I’ve always thought that the reason that you just don’t do search on your database is that the performance hit is terrible. Not only because of the search being slow, but because it impacts the rest of the system. In that context, platitudes like “The full-text search feature included in Posgres is awesome and quite fast (enough).” are not very useful. It seems no surprise to me that postgres has some sweet search features (and probably has had them for a while), but the performance thing is generally a show-stopper for anything in production.
Does anyone know of some benchmarking or quantitative performance data with a real production system using postgres for search?
No intentional bench marks - just personal experience.. Using tsvector and trigrams I was able to reduce query times from ~18 seconds to ~ .5 seconds for fairly complex queries of multi-million row databases.
Another nifty feature is the highlighting / headline stuff!
Thanks! This is a useful data point. I think I’ll try to move all my search needs into postgres next time i’m working on that.
My understanding is that the indexing postgres does for FTS is relatively quick and not a major perf hit in production. The problem I’ve had with using it over, eg. ES is more to do with features – in particular it has to do with things like Faceting, custom ranking constructions, etc.
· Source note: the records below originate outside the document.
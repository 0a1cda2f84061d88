ghost use Rattle.std.specs.Prelude.{◌≡◌, slice_index};
ghost use Rattle.negotiate.specs.Tables.{front_value, behind_front, tables_in, value_of};

use byteorder::{ByteOrder, LittleEndian};

/// The byte at this place, and zero after the end.
pub fn byte_at(bytes: &[u8], at: usize) -> u8
    ensures { result ≡ slice_index bytes.now at }
{
    bytes.get(at).copied().unwrap_or(0)
}

/// What follows the algorithm structure at the front.
pub fn behind_front(bytes: &[u8]) -> &[u8]
    ensures { result.now ≡ behind_front bytes.now }
{
    let len = 4 + 4 * usize::from(byte_at(bytes, 1) % 16);
    bytes.get(len..).unwrap_or(&[])
}

// The fixed bits of the algorithm structure at the front.
fn front_value(bytes: &[u8]) -> u16
    ensures { result ≡ front_value bytes.now }
{
    LittleEndian::read_u16(&[byte_at(bytes, 2), byte_at(bytes, 3)])
}

/// The fixed bits of the first of `count` algorithm structures that has the type `kind` (a constant of
/// `spdm_grammar::names::table_type`), and none where no structure has it.
pub fn value_of(kind: u8, count: u8, tables: &[u8]) -> u16
    ensures { result ≡ value_of kind (tables_in count tables.now) }
{
    let mut rest = tables;
    for i in 0..count {
        if byte_at(rest, 0) == kind {
            return front_value(rest);
        }
        rest = behind_front(rest);
    }
    0
}
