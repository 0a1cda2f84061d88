use thiserror::Error;

/// Two ends have no algorithms in common, or a reply chooses what was not offered.
#[derive(Clone, Copy, Debug, PartialEq, Eq, Error)]
#[error("no choice of algorithms")]
pub struct NoChoice;
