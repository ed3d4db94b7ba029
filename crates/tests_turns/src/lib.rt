//! Tests of turns: whole activations on one thread, and workers on threads.
#![tactic(auto)]

#[cfg(test)]
mod closed_fields;
#[cfg(test)]
mod fixtures;
#[cfg(test)]
mod gate_calls;
#[cfg(test)]
mod gates;
#[cfg(test)]
mod held_callers;
#[cfg(test)]
mod journals;
#[cfg(test)]
mod long_lists;
#[cfg(test)]
mod machine;
#[cfg(test)]
mod meetings;
#[cfg(test)]
mod reports;
#[cfg(test)]
mod runs;
#[cfg(test)]
mod tickets;
#[cfg(test)]
mod turns;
It may be also that – since FTS does get used more often than other components, it could be detrimental to have it running on the same hardware as the rest of your system, though that strikes me as solvable-by-wallet rather than necessarily solvable-by-developer. That distinction might be appealing to some folks who don’t like having a preponderance of tools. Personally, I don’t mind it so much.
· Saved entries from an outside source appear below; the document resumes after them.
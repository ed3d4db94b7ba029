ghost use Rattle.std.specs.Prelude.{◌≡◌, IfOk};
ghost use Rattle.claim_rule.specs.Seating.{AreOf};
ghost use Rattle.claim_rule.specs.Tokens.{IsOf};
ghost use Rattle.claim_rule.specs.Settling.{IsToTake};

use amoebot_state::Change;
use claim_core::Lists;
use claim_rule::{Claimed, Field, Seat, Seats, Settled, Taken, store, take};
use node_claims::release_settled;
use small_worlds::{Marker, lists_of, standing, world_in};
use std::process::Abort;
use std::test::Fail;
use tests_claims::{decided, field_of, seat_of};

/// The journal is found free, and taken.
fn taken_by(
    field: &Field<'_, Marker>,
    claimed: Claimed<Marker>,
    change: Change,
) -> Result<Taken<Marker>, Fail>
    requires of { IsOf field.now claimed }
    requires takes { IsToTake claimed change }
    ensures { IfOk result (λ taken. IsOf field.now taken) }
{
    match take(claimed, field, change) {
        Ok(taken) => Ok(taken),
        Err(_) => Err(Fail::from("the journal is taken")),
    }
}

/// The journal is found taken.
fn refused(
    field: &Field<'_, Marker>,
    claimed: Claimed<Marker>,
    change: Change,
) -> Result<(Claimed<Marker>, Change), Fail>
    requires of { IsOf field.now claimed }
    requires takes { IsToTake claimed change }
    ensures of { IfOk result (λ back. IsOf field.now back.0) }
    ensures takes { IfOk result (λ back. IsToTake back.0 back.1) }
{
    match take(claimed, field, change) {
        Ok(_) => Err(Fail::from("the journal is free")),
        Err(back) => Ok(back),
    }
}

/// The entry is stored at this place, of the caller's first turn.
fn stored(
    rt: &impl Abort,
    field: &Field<'_, Marker>,
    taken: Taken<Marker>,
    caller: u8,
    place: u32,
) -> Settled<Marker>
    requires { IsOf field.now taken }
    ensures { IsOf field.now result }
{
    let (settled, receipt) = store(taken, field);
    assert!(rt; receipt.caller() == caller && receipt.turn() == 0 && receipt.place() == place);
    settled
}

/// Caller 1 finds the journal taken until caller 0 has stored its entry. The zones are apart.
fn take_turns(
    rt: &impl Abort,
    field: &Field<'_, Marker>,
    lists: &Lists,
    zero: Seat<Marker>,
    one: Seat<Marker>,
) -> Result<(), Fail>
    requires zero { IsOf field.now zero }
    requires one { IsOf field.now one }
    requires lists { field.now.terms.lists ≡ lists.now }
{
    let (claimed, change) = decided(field, lists, zero)?;
    let (second, second_change) = decided(field, lists, one)?;
    let taken = taken_by(field, claimed, change)?;
    second_follows(rt, field, taken, second, second_change)
}

/// Caller 1, which has decided, finds the journal taken,
/// and takes it once caller 0 has stored its entry.
fn second_follows(
    rt: &impl Abort,
    field: &Field<'_, Marker>,
    taken: Taken<Marker>,
    second: Claimed<Marker>,
    change: Change,
) -> Result<(), Fail>
    requires taken { IsOf field.now taken }
    requires second { IsOf field.now second }
    requires takes { IsToTake second change }
{
    let (second, change) = refused(field, second, change)?;
    let settled = stored(rt, field, taken, 0, 0);
    let taken = taken_by(field, second, change)?;
    let zero = release_settled(settled, field);
    let one = release_settled(stored(rt, field, taken, 1, 1), field);
    assert!(rt; zero.next_turn() == 1 && one.next_turn() == 1);
    Ok(())
}

/// The same with the two seats, which nobody has taken yet.
fn take_seats(
    rt: &impl Abort,
    field: &Field<'_, Marker>,
    lists: &Lists,
    seats: &mut Seats<Marker>,
) -> Result<(), Fail>
    requires of { AreOf field.now seats.old }
    requires lists { field.now.terms.lists ≡ lists.now }
{
    let zero = seat_of(field, seats, 0)?;
    let one = seat_of(field, seats, 1)?;
    take_turns(rt, field, lists, zero, one)
}

#[test]
fn the_journal_is_found_taken_until_the_other_caller_has_committed(
    rt: HostRuntime,
) -> Result<(), Fail> {
    let world = world_in(rt.alloc(), 12, 12, &[standing(2, 2, 0), standing(8, 8, 0)])?;
    let lists = lists_of(rt.alloc(), 1, &world, &[&[0], &[1]])?;
    let (field, mut seats) = field_of(rt.alloc(), &Marker, world, &lists)?;
    take_seats(&rt, &field, &lists, &mut seats)
}
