//! A gate that holds one caller, with its zone claimed and nothing committed,
//! while the others make all their turns.
use crate::meetings::scattered;
use crate::runs::{WAYS, Way, report_over};
use small_worlds::{Marker, lists_of};
use std::alloc::Global;
use std::process::Abort;
use std::sync::Wait;
use std::test::Fail;
use std::thread::Threads;
use tests_claims::{LateGate, is_late, is_report};

/// Four amoebots for each of four callers. No zone meets another one.
static LISTS: [&[u16]; 4] = [
    &[0, 1, 2, 3],
    &[4, 5, 6, 7],
    &[8, 9, 10, 11],
    &[12, 13, 14, 15],
];

/// How many turns each caller has.
const TURNS: u32 = 4;

/// By this way the three others make their turns while caller 0 is held, and wait for nothing.
fn wait_for_nobody<R: Abort + Threads + Wait + Sync>(
    rt: &R,
    alloc: Global,
    way: Way,
) -> Result<(), Fail> {
    let world = scattered(alloc)?;
    let first = world.copy(alloc)?;
    let lists = lists_of(alloc, TURNS, &world, &LISTS)?;
    let gate = LateGate::new(1, 3, TURNS - 1, 10_000);
    let report = report_over(rt, alloc, way, &Marker, world, &lists, &gate)?;
    assert!(rt; !gate.missed() && is_late(&report.turns, TURNS));
    let passes = is_report(alloc, &Marker, &first, &lists, &report)?;
    assert!(rt; passes);
    Ok(())
}

#[test]
fn nobody_waits_for_a_worker_that_is_held(rt: HostRuntime) -> Result<(), Fail> {
    for way in WAYS {
        wait_for_nobody(&rt, rt.alloc(), way)?;
    }
    Ok(())
}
Hmm. I’m still not clear on how the index is made. I’ve been using sqlite full text search for a long time with great results. It’s also very easy to weld into a project without tons of custom SQL; it’s just a LIKE query but using the MATCH keyword.
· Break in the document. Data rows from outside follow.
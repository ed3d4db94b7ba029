//! Workers that wait for one another in each turn.
use crate::runs::{WAYS, Way, report_of, report_over};
use activation::{Gate, NoGate};
use amoebot_state::{CellName, Decider, End, Failure, Found, Port, Verdict, World};
use claim_core::{Mark, Marks, Report};
use small_worlds::{Expander, Marker, lists_of, standing};
use std::alloc::Global;
use std::process::Abort;
use std::sync::Wait;
use std::sync::atomic::{AtomicBool, Ordering};
use std::test::Fail;
use std::thread;
use std::thread::Threads;
use tri_lattice::Area;
use turn_workers::MeetGate;

/// Expands contracted amoebots through head 0.
const EXPANDER: Expander = Expander {
    port: Port {
        end: End::Head,
        dir: 0,
    },
};

/// Whether each caller has these marks.
pub fn have_marks(marks: &Marks, wanted: &[&[Mark]]) -> bool {
    if usize::from(marks.callers()) != wanted.len() {
        return false;
    }
    for (caller, own) in wanted.iter().enumerate() {
        if !has_marks(marks, caller as u8, own) {
            return false;
        }
    }
    true
}

fn has_marks(marks: &Marks, caller: u8, wanted: &[Mark]) -> bool {
    if caller >= marks.callers() || marks.count(caller) as usize != wanted.len() {
        return false;
    }
    for (turn, mark) in wanted.iter().enumerate() {
        if marks.mark(caller, turn as u32) != *mark {
            return false;
        }
    }
    true
}

const DONE_0: Mark = Mark::Done { place: 0 };

const DONE_1: Mark = Mark::Done { place: 1 };

const IDLE_1: Mark = Mark::Idle { place: 1 };

const IDLE_2: Mark = Mark::Idle { place: 2 };

/// Each expands in its first turn, in either order, and then rests.
/// They meet in each turn, so both have expanded before a second turn.
static EITHER_FIRST: [[&[Mark]; 2]; 2] = [
    [&[DONE_0, IDLE_2, IDLE_2], &[DONE_1, IDLE_2, IDLE_2]],
    [&[DONE_1, IDLE_2, IDLE_2], &[DONE_0, IDLE_2, IDLE_2]],
];

fn two_meet<R: Abort + Threads + Wait + Sync>(rt: &R, alloc: Global, way: Way) -> Result<(), Fail> {
    let gate = MeetGate::new(2, 50_000_000);
    let bots = [standing(1, 1, 0), standing(6, 6, 0)];
    let report = report_of(rt, alloc, way, &EXPANDER, &bots, 3, &[&[0], &[1]], &gate)?;
    let marks = &report.turns;
    assert!(rt; gate.met() && EITHER_FIRST.iter().any(|wanted| have_marks(marks, wanted)));
    Ok(())
}

#[test]
fn two_workers_far_from_each_other_meet_in_each_turn(rt: HostRuntime) -> Result<(), Fail> {
    two_meet(&rt, rt.alloc(), Way::Journal)
}

#[test]
fn two_ticket_workers_meet_in_each_turn(rt: HostRuntime) -> Result<(), Fail> {
    two_meet(&rt, rt.alloc(), Way::Tickets)
}

/// A caller's first turn waits, with its zone claimed, until the other caller has come to its last
/// turn; and that one begins when it waits.
#[derive(Drop)]
struct Holding {
    held: AtomicBool,
    passed: AtomicBool,
}

impl Holding {
    /// Looks until this is so, many times.
    fn wait_for(&self, flag: &AtomicBool) {
        for _look in 0..50_000_000u32 {
            if flag.load(Ordering::SeqCst) {
                return;
            }
            thread::yield_now();
        }
    }
}

impl Gate for Holding {
    fn claimed(&self, caller: u8, turn: u32) {
        match (caller, turn) {
            (0, 0) => {
                self.held.store(true, Ordering::SeqCst);
                self.wait_for(&self.passed);
            }
            (1, 0) => self.wait_for(&self.held),
            (1, 2) => self.passed.store(true, Ordering::SeqCst),
            _ => {}
        }
    }
}

/// Caller 1 is refused the amoebot of caller 0 behind its own first entry,
/// and caller 0 commits later.
static ONE_IS_HELD: [&[Mark]; 2] = [
    &[DONE_1, IDLE_2, IDLE_2],
    &[
        DONE_0,
        Mark::Busy {
            cell: CellName::Body(0),
            by_caller: 0,
            by_turn: 0,
            by_bot: 0,
            place: 1,
        },
        IDLE_1,
    ],
];

fn one_is_held<R: Abort + Threads + Wait + Sync>(
    rt: &R,
    alloc: Global,
    way: Way,
) -> Result<(), Fail> {
    let gate = Holding {
        held: AtomicBool::new(false),
        passed: AtomicBool::new(false),
    };
    let bots = [standing(1, 1, 0), standing(6, 6, 0)];
    let lists: &[&[u16]] = &[&[0], &[1, 0, 1]];
    let report = report_of(rt, alloc, way, &EXPANDER, &bots, 3, lists, &gate)?;
    assert!(rt; have_marks(&report.turns, &ONE_IS_HELD));
    Ok(())
}

#[test]
fn a_turn_is_busy_while_another_worker_holds_its_amoebot(rt: HostRuntime) -> Result<(), Fail> {
    one_is_held(&rt, rt.alloc(), Way::Journal)
}

#[test]
fn a_ticket_turn_is_busy_while_another_worker_holds_its_amoebot(
    rt: HostRuntime,
) -> Result<(), Fail> {
    one_is_held(&rt, rt.alloc(), Way::Tickets)
}

/// Waits for the other callers in each decision, and is idle.
#[derive(Drop)]
struct Meeting {
    gate: MeetGate,
}

impl Decider for Meeting {
    ghost use Rattle.std.proofs.Common.{subst};
    ghost use Rattle.amoebot_state.specs.declared.verdict.Verdict.{Verdict};
    ghost use Rattle.amoebot_state.specs.declared.verdict.Verdict.TheVariants as verdict;

    ghost verdict = { λ _ _. verdict.Idle };

    ghost is_lawful = { λ _ c i change h.
        let Stays : Verdict → Type 0 = λ v.
        elim v [ verdict.Idle ↦ Unit {0} | verdict.Failed _ ↦ Unit {0} | verdict.Change _ ↦ ⊥ ] in
        absurd (subst Stays h.decided tt) };

    fn decide(&self, found: &Found) -> Verdict {
        self.gate.claimed((found.bot() % 256) as u8, 0);
        Verdict::Idle
    }
}

fn decide_beside_each_other<R: Abort + Threads + Wait + Sync>(
    rt: &R,
    alloc: Global,
    way: Way,
) -> Result<(), Fail> {
    let decider = Meeting {
        gate: MeetGate::new(2, 50_000_000),
    };
    let bots = [standing(1, 1, 0), standing(6, 6, 0)];
    report_of(rt, alloc, way, &decider, &bots, 1, &[&[0], &[1]], &NoGate)?;
    assert!(rt; decider.gate.met());
    Ok(())
}

#[test]
fn workers_decide_beside_each_other(rt: HostRuntime) -> Result<(), Fail> {
    for way in WAYS {
        decide_beside_each_other(&rt, rt.alloc(), way)?;
    }
    Ok(())
}

/// Sixteen contracted amoebots of which no two have a node of their zones in common.
pub fn scattered(alloc: Global) -> Result<World, Fail> {
    let mut bots = Vec::new(alloc);
    for number in 0..16u8 {
        bots.push(standing(3 * (number % 4) + 1, 3 * (number / 4) + 1, 0))?;
    }
    let area = Area::new(0, 0, 13, 13).ok_or("an area")?;
    Ok(World::new(alloc, area, [1, 0, 0, 0, 0, 0, 0, 0], bots.as_slice())?)
}

/// A list for each of sixteen callers.
static SIXTEEN: [&[u16]; 16] = [
    &[0],
    &[1],
    &[2],
    &[3],
    &[4],
    &[5],
    &[6],
    &[7],
    &[8],
    &[9],
    &[10],
    &[11],
    &[12],
    &[13],
    &[14],
    &[15],
];

fn sixteen_meet<R: Abort + Threads + Wait + Sync>(
    rt: &R,
    alloc: Global,
    way: Way,
) -> Result<(), Fail> {
    let gate = MeetGate::new(16, 50_000_000);
    let world = scattered(alloc)?;
    let lists = lists_of(alloc, 2, &world, &SIXTEEN)?;
    let report = report_over(rt, alloc, way, &Marker, world, &lists, &gate)?;
    assert!(rt; gate.met() && report.journal.entries().len() == 16);
    Ok(())
}

#[test]
fn sixteen_workers_meet_in_each_turn(rt: HostRuntime) -> Result<(), Fail> {
    for way in WAYS {
        sixteen_meet(&rt, rt.alloc(), way)?;
    }
    Ok(())
}

/// How many turns there are, and the lists, where nobody has a turn;
/// and no list or no turn is left.
static NO_TURNS: [(u32, &[&[u16]], &[&[Mark]]); 2] = [
    (3, &[], &[]),
    (0, &[&[0], &[0]], &[&[], &[]]),
];

fn all_stay<R: Abort + Threads + Wait + Sync>(rt: &R, alloc: Global, way: Way) -> Result<(), Fail> {
    for (turns, ids, wanted) in &NO_TURNS {
        let bots = [standing(1, 1, 0)];
        let report = report_of(rt, alloc, way, &EXPANDER, &bots, *turns, ids, &NoGate)?;
        assert!(rt; stays(&report) && have_marks(&report.turns, wanted));
    }
    Ok(())
}

#[test]
fn without_a_list_or_a_turn_the_world_stays(rt: HostRuntime) -> Result<(), Fail> {
    for way in WAYS {
        all_stay(&rt, rt.alloc(), way)?;
    }
    Ok(())
}

fn stays(report: &Report) -> bool {
    report.journal.entries().is_empty() && report.world.same(report.journal.first())
}

/// The first stands behind the second, and fails twice; the second expands, and then it is idle.
static ONE_CALLER: [&[Mark]; 1] = [&[
    Mark::Failed {
        failure: Failure::Occupied,
        place: 0,
    },
    DONE_0,
    Mark::Failed {
        failure: Failure::Occupied,
        place: 1,
    },
    IDLE_1,
]];

#[test]
fn a_caller_alone_is_never_busy(rt: HostRuntime) -> Result<(), Fail> {
    let bots = [standing(1, 1, 0), standing(2, 1, 0)];
    for way in WAYS {
        let alloc = rt.alloc();
        let report = report_of(&rt, alloc, way, &EXPANDER, &bots, 4, &[&[0, 1]], &NoGate)?;
        assert!(rt; have_marks(&report.turns, &ONE_CALLER));
    }
    Ok(())
}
This is kind of disappointing as I’d always planned on converting my sqlite projects to also support postgres, at least for practice if not for production, but the changes look more extensive than I’d like to dig into.
In all their (postgresql’s) examples, they coalesce multiple columns into a single row to be indexed. Say you want to do general searches on books, you would coalesce title, description, author.. etc. Then create the index on that coalesced column:
CREATE INDEX all_book_info_idx ON books USING gin(to_tsvector('english', combined_fields_column));
Then querying would become something like:
SELECT isbin from books WHERE to_tsvector(combined_fields_column) @@ to_tsquery('John Doe');
The syntax is a bit different from MATCH for sure.. so that’s a bummer :D
My bad, the to_tsquery bit is incorrect - should be : @@ plainto_tsquery('John Doe');
@@ plainto_tsquery('John Doe');
While it might be ok for many cases, there are some caveats to keep in mind. One is the fact that it doesn’t have that great support for compound words which might be an issue for you if you have to support searching in languages that use them. For example, out of the box, you won’t find the “Wurst” in “Bratwurst”.
There is support for that using ispell dictionaries, but the ispell method is a bit clunky and by this point, most of the German dictionaries are maintained in hunspell format which also has a way better method for dealing with compounds, which is not supported by postgres at this time.
Finally, if you need to use a dictionary for your tsearch config (which you absolutely need if you want to deal with compounds), keep in mind that the dictionary is loaded per connection the first time you use the tsearch facility. Loading a ~20 Megs dictionary takes about 0.5 seconds on my huge-ass box.
As such, you might have to change your application to use persistent connections which can have other side effects you need to consider.
Postgres might still very we’ll be good enough for your purposes (it is for me), but just keep these caveats in mind and plan accordingly.